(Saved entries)
_ _ _ _

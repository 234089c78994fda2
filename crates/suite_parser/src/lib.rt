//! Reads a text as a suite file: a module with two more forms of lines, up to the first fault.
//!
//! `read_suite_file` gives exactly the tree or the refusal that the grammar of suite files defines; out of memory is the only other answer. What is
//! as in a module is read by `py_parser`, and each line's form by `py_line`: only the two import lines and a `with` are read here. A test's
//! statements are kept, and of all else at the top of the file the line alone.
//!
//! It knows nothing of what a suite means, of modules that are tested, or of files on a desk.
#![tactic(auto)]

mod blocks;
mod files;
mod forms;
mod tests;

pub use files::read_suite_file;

_ _ _ _

> TASK ITEM
Every line of the data above should be copied exactly.

> FINISHED TASK
repository 234089c78994fda2
filename crates/suite_parser/src/lib.rt
//! Reads a text as a suite file: a module with two more forms of lines, up to the first fault.
//!
//! `read_suite_file` gives exactly the tree or the refusal that the grammar of suite files defines; out of memory is the only other answer. What is
//! as in a module is read by `py_parser`, and each line's form by `py_line`: only the two import lines and a `with` are read here. A test's
//! statements are kept, and of all else at the top of the file the line alone.
//!
//! It knows nothing of what a suite means, of modules that are tested, or of files on a desk.
#![tactic(auto)]

mod blocks;
mod files;
mod forms;
mod tests;

pub use files::read_suite_file;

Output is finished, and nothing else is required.